It only makes a difference if the integer is negative (for signed inputs) or between INT_MAX+1 and UINT_MAX (e.g. between 231 and 232-1). In that case, if you use the %d specifier, you'll get a negative number, whereas if you use %u, you'll get a large positive number.

Addresses only make sense as unsigned numbers, so there's never any reason to print them out as signed numbers. Furthermore, when they are printed out, they're usually printed in hexadecimal (with the %x format specifier), not decimal.

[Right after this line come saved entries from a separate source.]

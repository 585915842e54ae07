//! Operations on two sets without blocks: one loop over two slices.
ghost use Rattle.std.specs.FinSet as set;
ghost use Rattle.std.specs.Prelude.{◌≡◌, ◌<◌, ◌≤◌, ◌||◌, ◌++◌, ◌∷◌, ℕ, min, IfOk, OnOk};
ghost use Rattle.moc_blocks.specs.RangeList.{pixel_count, IsNormal, set_of};
ghost use Rattle.moc_blocks.specs.Lemmas.Members.{in_range, in_ranges};
ghost use Rattle.moc_blocks.specs.Private.Built.{EndsBelow};
ghost use Rattle.moc_operations.specs.Private.Slices.{IsAppendedOrMerged};

use moc_lists::{RangeList, list_from_ranges};
use std::alloc::{AllocError, Global};

/// Appends a range to the result, unless it is empty.
#[inline]
pub fn push_if_nonempty(kept: &mut Vec<(u64, u64)>, from: u64, to: u64) -> Result<(), AllocError>
    requires normal { IsNormal kept.old.items }
    requires within { to ≤ pixel_count }
    requires after { EndsBelow from kept.old.items }
    ensures normal { OnOk result (IsNormal kept.new.items) }
    ensures below { OnOk result ((f : ℕ) → from ≤ f → to < f → EndsBelow f kept.new.items) }
    ensures same { OnOk result ((q : ℕ) →
        in_ranges kept.new.items q ≡ (in_ranges kept.old.items q || in_range (from, to) q)) }
{
    if to <= from {
        return Ok(());
    }
    kept.push((from, to))?;
    Ok(())
}

/// Merges a range that ends no later than another into the other if they touch, and otherwise appends it to the result.
/// Returns the other range.
#[inline]
fn append_or_merge(
    kept: &mut Vec<(u64, u64)>,
    x: (u64, u64),
    y: (u64, u64),
) -> Result<(u64, u64), AllocError>
    requires normal { IsNormal kept.old.items }
    requires filled { x.0 < x.1 }
    requires other { y.0 < y.1 }
    requires ends { x.1 ≤ y.1 }
    requires within { y.1 ≤ pixel_count }
    requires after { EndsBelow (min x.0 y.0) kept.old.items }
    ensures { IfOk result (λ z. IsAppendedOrMerged x y z kept.old.items kept.new.items) }
{
    if x.1 < y.0 {
        kept.push(x)?;
        return Ok(y);
    }
    Ok((x.0.min(y.0), y.1))
}

/// Returns the list of the result, a range after it, and the remaining ranges after this range.
pub fn finish(
    alloc: Global,
    mut kept: Vec<(u64, u64)>,
    range: (u64, u64),
    rest: &[(u64, u64)],
) -> Result<RangeList, AllocError>
    requires { IsNormal (kept.items ++ range ∷ rest.now) }
    ensures { IfOk result (λ l. l ≡ kept.items ++ range ∷ rest.now) }
{
    kept.push(range)?;
    kept.extend_from_slice(rest)?;
    list_from_ranges(alloc, kept)
}

/// Returns the list of a copy of the given ranges.
pub fn copy_list(alloc: Global, ranges: &[(u64, u64)]) -> Result<RangeList, AllocError>
    requires { IsNormal ranges.now }
    ensures { IfOk result (λ l. l ≡ ranges.now) }
{
    let copy = ranges.to_vec(alloc)?;
    list_from_ranges(alloc, copy)
}

/// Returns the union of two slices of ranges.
pub fn union_slices(
    alloc: Global,
    xs: &[(u64, u64)],
    ys: &[(u64, u64)],
) -> Result<RangeList, AllocError>
    requires xs { IsNormal xs.now }
    requires ys { IsNormal ys.now }
    ensures { IfOk result (λ l. set_of l ≡ set.union (set_of xs.now) (set_of ys.now)) }
{
    let [x, more_xs @ ..] = xs else {
        return copy_list(alloc, ys);
    };
    let [y, more_ys @ ..] = ys else {
        return copy_list(alloc, xs);
    };
    let mut kept = Vec::with_capacity(alloc, xs.len() + ys.len())?;
    let mut x = *x;
    let mut y = *y;
    let mut rest_xs = more_xs;
    let mut rest_ys = more_ys;
    loop {
        if x.1 <= y.1 {
            y = append_or_merge(&mut kept, x, y)?;
            let [next, more @ ..] = rest_xs else {
                return finish(alloc, kept, y, rest_ys);
            };
            x = *next;
            rest_xs = more;
        } else {
            x = append_or_merge(&mut kept, y, x)?;
            let [next, more @ ..] = rest_ys else {
                return finish(alloc, kept, x, rest_xs);
            };
            y = *next;
            rest_ys = more;
        }
    }
}

/// Returns the intersection of two slices of ranges.
pub fn intersection_slices(
    alloc: Global,
    xs: &[(u64, u64)],
    ys: &[(u64, u64)],
) -> Result<RangeList, AllocError>
    requires xs { IsNormal xs.now }
    requires ys { IsNormal ys.now }
    ensures { IfOk result (λ l. set_of l ≡ set.intersection (set_of xs.now) (set_of ys.now)) }
{
    let mut kept = Vec::with_capacity(alloc, xs.len() + ys.len())?;
    let mut rest_xs = xs;
    let mut rest_ys = ys;
    loop {
        let [x, more_xs @ ..] = rest_xs else {
            return list_from_ranges(alloc, kept);
        };
        let [y, more_ys @ ..] = rest_ys else {
            return list_from_ranges(alloc, kept);
        };
        push_if_nonempty(&mut kept, x.0.max(y.0), x.1.min(y.1))?;
        if x.1 <= y.1 {
            rest_xs = more_xs;
        } else {
            rest_ys = more_ys;
        }
    }
}

/// Returns the difference of two slices of ranges.
pub fn difference_slices(
    alloc: Global,
    xs: &[(u64, u64)],
    ys: &[(u64, u64)],
) -> Result<RangeList, AllocError>
    requires xs { IsNormal xs.now }
    requires ys { IsNormal ys.now }
    ensures { IfOk result (λ l. set_of l ≡ set.difference (set_of xs.now) (set_of ys.now)) }
{
    let mut kept = Vec::with_capacity(alloc, xs.len() + ys.len())?;
    let [x, more_xs @ ..] = xs else {
        return list_from_ranges(alloc, kept);
    };
    let mut x = *x;
    let mut rest_xs = more_xs;
    let mut rest_ys = ys;
    loop {
        let [y, more_ys @ ..] = rest_ys else {
            return finish(alloc, kept, x, rest_xs);
        };
        push_if_nonempty(&mut kept, x.0, x.1.min(y.0))?;
        if y.1 < x.1 {
            x.0 = x.0.max(y.1);
            rest_ys = more_ys;
            continue;
        }
        let [next, more @ ..] = rest_xs else {
            return list_from_ranges(alloc, kept);
        };
        x = *next;
        rest_xs = more;
    }
}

You should really just use the %p format specifier for addresses, though—it's guaranteed to work for all valid pointers. If you're on a system with 32-bit integers but 64-bit pointers, if you attempt to print a pointer with any of %d, %u, or %x without the ll length modifier, you'll get the wrong result for that and anything else that gets printed later (because printf only read 4 of the 8 bytes of the pointer argument); if you do add the ll length modifier, then you won't be portable to 32-bit systems.

Bottom line: always use %p for printing out pointers/addresses:

printf("The address of n is: %p\n", &n);
// Output (32-bit system): "The address of n is: 0xbffff9ec"
// Output (64-bit system): "The address of n is: 0x7fff5fbff96c"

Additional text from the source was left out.